I'll offer my experience from going out as Kylo.
First off, yes, there are options for brighter blades and louder sound. Sadly, it won't be enough.
Sunlight will still wash out the brightest blade. Crowds will still drown out the loudest speaker. You need to go beyond hilt internals.
Best display would honestly be a red polycarbonate day-blade. SF offers a thick-wall, pointed-tip red day blade, but Vader would probably be more accurate with a rounded tip, and you'll appreciate the lighter weight and brighter light of a thin-wall blade. But to make such a blade light up, you'll need to rework the LED system your saber uses.
String blades offer the brightest solution, at the expense of durability. That said, they should hold up fine for trooping, as your current experience with the ForceFX shows. A properly built string blade would be much brighter than your current ForceFX blade, but would require heavy modification or replacement of the stock soundboard. Depending on setup, an LED string blade may or may not retain the current extension/retraction effect. Can be assembled to be removable, similar to the FX blade.
In-hilt LEDs offer greatest durability, and while not as bright as a professionally-assembled string blade, will still be brighter than a stock ForceFX setup. Blade is easily removable since it holds no electronics - held in place by the emitter thumbscrew. In a pinch, a bladeholder for the Vader hilt can be fashioned from a piece of 1" SCH40 pipe, but TCSS sells an aluminum conversion kit that is a purpose-built solution.
Your board and AA battery pack can support a single-Cree easily for a slight increase in brightness.

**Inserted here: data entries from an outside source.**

//! The definition of what is called, by tokens, and the parts of a text in which its parameters are declared.

ghost use Rattle.std.specs.Prelude.{◌≡◌, ◌++◌, None, take, drop, IfOk, OnOk};
ghost use Rattle.text_parts.specs.Definitions.{word_of, is_named, definition, count_before, end_of, behind_parameters, up_to, heading, separates, grown, listed, parts, parameters};

use crate::calls::PartialCall;
use pml_token::token::{Kind, Token, same_kind};
use std::alloc::{AllocError, Global};

/// A part of a text, from one byte up to another.
#[derive(Clone, Copy, Debug, PartialEq, Eq)]
pub struct TextPart {
    pub from: usize,
    pub to: usize,
}

/// The word with which the definition begins of what is called.
fn word_of(call: PartialCall) -> Kind
    ensures { result ≡ word_of call }
{
    if call.is_run {
        Kind::Proctype
    } else {
        Kind::Inline
    }
}

/// So many tokens from the front.
fn front<'s, 'a>(tokens: &'s [Token<'a>], count: usize) -> &'s [Token<'a>]
    ensures { result.now ≡ take count tokens.now }
{
    if count < tokens.len() {
        &tokens[..count]
    } else {
        tokens
    }
}

/// The tokens behind so many others.
fn behind<'s, 'a>(tokens: &'s [Token<'a>], count: usize) -> &'s [Token<'a>]
    ensures { result.now ≡ drop count tokens.now }
{
    if count < tokens.len() {
        &tokens[count..]
    } else {
        &tokens[..0]
    }
}

/// Whether tokens begin with this name and a `(`.
fn is_named(name: &[u8], tokens: &[Token<'_>]) -> bool
    ensures { result ≡ is_named name.now tokens.now }
{
    match tokens {
        [first, second, ..] => { first.text() == name && same_kind(second.kind(), Kind::OpenParen) }
        _ => false,
    }
}

/// The tokens from the first definition of what is called on: none, if there is no definition of this name.
pub fn definition<'s, 'a>(
    tokens: &'s [Token<'a>],
    name: &[u8],
    call: PartialCall,
) -> &'s [Token<'a>]
    ensures { result.now ≡ definition (word_of call) name.now tokens.now }
{
    let word = word_of(call);
    for (i, token) in tokens.iter().enumerate() {
        if same_kind(token.kind(), word) && is_named(name, behind(tokens, i + 1)) {
            return behind(tokens, i);
        }
    }
    behind(tokens, tokens.len())
}

/// How many tokens stand before the first `)`.
fn count_before(tokens: &[Token<'_>]) -> usize
    ensures { result ≡ count_before tokens.now }
{
    for (i, token) in tokens.iter().enumerate() {
        if same_kind(token.kind(), Kind::CloseParen) {
            return i;
        }
    }
    tokens.len()
}

/// Where a token ends.
fn end_of(token: &Token<'_>) -> usize
    ensures { result ≡ end_of token.now }
{
    token.line() as usize + token.text().len()
}

/// Of a definition that begins these tokens, those from the `)` behind its parameters on.
fn behind_parameters<'s, 'a>(tokens: &'s [Token<'a>]) -> &'s [Token<'a>]
    ensures { result.now ≡ behind_parameters tokens.now }
{
    let inner = behind(tokens, 3);
    behind(inner, count_before(inner))
}

/// The part of a text from a token up to the end of the first of others, if there are some.
fn up_to(token: &Token<'_>, rest: &[Token<'_>]) -> Option<TextPart>
    ensures { result ≡ up_to token.now rest.now }
{
    match rest {
        [last, ..] => Some(TextPart {
            from: token.line() as usize,
            to: end_of(last),
        }),
        [] => None,
    }
}

/// The heading of a definition that begins these tokens, from its word up to the `)` behind its parameters.
pub fn heading(tokens: &[Token<'_>]) -> Option<TextPart>
    ensures { result ≡ heading tokens.now }
{
    match tokens {
        [first, ..] => up_to(first, behind_parameters(tokens)),
        [] => None,
    }
}

/// Whether this stands between parameters.
fn separates(kind: Kind) -> bool
    ensures { result ≡ separates kind }
{
    same_kind(kind, Kind::Comma) || same_kind(kind, Kind::Semicolon)
}

/// A part with one more token.
fn grown(part: Option<TextPart>, token: &Token<'_>) -> TextPart
    ensures { result ≡ grown part token.now }
{
    let to = end_of(token);
    match part {
        Some(part) => TextPart {
            from: part.from,
            to,
        },
        None => TextPart {
            from: token.line() as usize,
            to,
        },
    }
}

/// Adds a part, if there is one.
fn add_part(out: &mut Vec<TextPart>, part: Option<TextPart>) -> Result<(), AllocError>
    ensures { OnOk result (out.new.items ≡ out.old.items ++ listed part) }
{
    if let Some(part) = part {
        out.push(part)?;
    }
    Ok(())
}

/// The parts that tokens have between what separates them.
fn parts_of(alloc: Global, tokens: &[Token<'_>]) -> Result<Vec<TextPart>, AllocError>
    ensures { IfOk result (λ ps. ps.items ≡ parts None tokens.now) }
{
    let mut out = Vec::new(alloc);
    let mut part = None;
    for token in tokens {
        if separates(token.kind()) {
            add_part(&mut out, part)?;
            part = None;
        } else {
            part = Some(grown(part, token));
        }
    }
    add_part(&mut out, part)?;
    Ok(out)
}

/// The parts of a text in which the parameters are declared of a definition that begins these tokens.
pub fn parameters(alloc: Global, tokens: &[Token<'_>]) -> Result<Vec<TextPart>, AllocError>
    ensures { IfOk result (λ ps. ps.items ≡ parameters tokens.now) }
{
    let inner = behind(tokens, 3);
    parts_of(alloc, front(inner, count_before(inner)))
}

For maximum brightness with a Tri-Cree star, you'd need to modify/replace the soundboard and replace/modify the battery holder to accept an 18500 or 18650 lithium-ion cell.
Sound is still an issue. Hobby boards like Petit Crouton, Crystal Focus, Spark, Spark Color, and Igniter will provide a much louder saber, but it still won't be enough to extend sound more than a couple of feet, and it still won't compete with a croud.
My solution was to install an audio jack hooked into the speaker wires. This lets me run an audio wire into one of the Aker amps I use for Kylo's voice changer. This will be very loud, louder than the mic input, so I need a separate volume control wired to the saber to prevent blowing out the amp. This makes saber effects loud enough to be heard across a convention hall.